Previously, we just used the native sample rate for encoding. However, some encoders like libmp3lame doesn't support it. Therefore, we now use a supported sample rate (preferring the native one if possible).
FFmpeg requires audio data to be sent in a sequence of frames, each containing the same specific number of samples. Previously, we buffered input samples in FFmpegBackend. However, as the source and destination sample rates can now be different, we should buffer resampled data instead. swresample have an internal input buffer, so we now just forward all data to it and 'gradually' receive resampled data, at most one frame_size at a time. When there is not enough resampled data to form a frame, we will record the current offset and request for less data on the next call.
Additionally, this commit also fixes a flaw. When an encoder supports variable frame sizes, its frame size is reported to be 0, which breaks our buffering system. Now we treat variable frame size encoders as having a frame size of 160 (the size of a HLE audio frame).

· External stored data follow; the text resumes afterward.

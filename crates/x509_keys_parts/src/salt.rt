//! Lengths of salt_lengths, as they are read.

ghost use Rattle.std.specs.Prelude.{◌≡◌, refl};
ghost use Rattle.x509_der.specs.Integer.{magnitude};
ghost use Rattle.x509_der.specs.laws.Meaning.{seen_lawful, seen_element};
ghost use Rattle.x509_keys_parts.specs.RsassaPss.{salt_base, salt_meaning, salt_lengths};
ghost use Rattle.x509_keys_parts.specs.facts.RsassaPssFacts.{salt_is, salt_keeps};

use std::alloc::{Allocator, Global};
use std::marker::Model;
use x509_der::parts::{
    Field, INTEGER_TAG, Judge, Output, Reader, View, WholeDeviations, pass_viewed, read_viewed,
};
use x509_der::{IntegerAsn1, Magnitude, ReadError, ToDer, TooLong};

/// An INTEGER that isn't negative. Contracts see its content.
#[derive(Drop)]
pub(crate) struct Salt<A: Allocator = Global>(IntegerAsn1<A>);

impl<A: Allocator> Model for Salt<A> {
    ghost use Rattle.std.specs.Prelude.{◌≡◌, false, List, ℕ};
    ghost use Rattle.x509_der.specs.Integer.{sign_bit};

    ghost Value = { List ℕ };

    ghost view = { λ s. s.0 };

    ghost invariant = { λ s. sign_bit s.0 ≡ false };
}

impl<A: Allocator> Salt<A> {
    /// The number.
    pub(crate) fn number(&self) -> &IntegerAsn1<A>
        ensures { result.now ≡ self.now }
    {
        &self.0
    }
}

impl<A: Allocator> ToDer for Salt<A> {
    ghost strict = { λ v. salt_lengths.strict v };

    fn put<O: Output>(&self, out: &mut [u8], at: usize) -> Result<usize, TooLong> {
        self.0.put::<O>(out, at)
    }
}

impl<A: Allocator + Copy> View<IntegerAsn1<A>, A> for Salt<A> {
    ghost base = { salt_base };

    ghost view = { salt_meaning };

    ghost keeps = { salt_keeps };

    fn meaning(_alloc: A, parts: IntegerAsn1<A>) -> Result<(Self, WholeDeviations), ReadError> {
        if parts.is_negative() {
            return Err(ReadError::BadNumber);
        }
        Ok((Salt(parts), WholeDeviations::Nothing))
    }
}

impl<A: Allocator + Copy> Judge<IntegerAsn1<A>, A> for Salt<A> {
    type Glimpse = Magnitude;

    type Kept = Magnitude;

    ghost glimpse = { magnitude };

    ghost kept = { magnitude };

    fn judge(brief: Magnitude) -> Result<(Magnitude, WholeDeviations), ReadError> {
        match brief {
            Magnitude::Negative => Err(ReadError::BadNumber),
            Magnitude::Byte(_) | Magnitude::Small | Magnitude::Large => {
                Ok((brief, WholeDeviations::Nothing))
            }
        }
    }
}

impl<A: Allocator + Copy> Field<A> for Salt<A> {
    type Brief = Magnitude;

    ghost shape = { salt_lengths };

    ghost brief = { magnitude };

    ghost lawful = { λ h. seen_lawful salt_meaning salt_base salt_keeps };

    ghost elements = { λ h. seen_element salt_meaning salt_base
        (⟦<IntegerAsn1<A> as Field<A>>⟧.elements tt) salt_is };

    ghost agrees = { λ v. refl };

    fn starts(byte: u8) -> bool {
        byte == INTEGER_TAG
    }

    fn known(&self) {
        self.0.known();
    }

    fn read(alloc: A, reader: &mut Reader<'_, A>) -> Result<Self, ReadError> {
        read_viewed::<Self, IntegerAsn1<A>, A>(alloc, reader)
    }

    fn pass(alloc: A, reader: &mut Reader<'_, A>) -> Result<Magnitude, ReadError> {
        pass_viewed::<Self, IntegerAsn1<A>, A>(alloc, reader)
    }
}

We previously assumed that the first preferred sample format is planar, but that may not be true for all codecs. Instead we should find a supported sample format that is planar.
While YUV420P is widely used, not all encoders accept it (e.g. Intel QSV only accepts NV12). We should use the codec's preferred pixel format instead as we need to rescale the frame anyway.
This uses the mailbox model to move pixel downloading to its own thread, eliminating Nvidia's warnings and (possibly) making use of GPU copy engine.
To achieve this, we created a new mailbox type that is different from the presentation mailbox in that it never discards a rendered frame.
Also, I tweaked the projection matrix thing so that it can just draw the frame upside down instead of having the CPU flip it.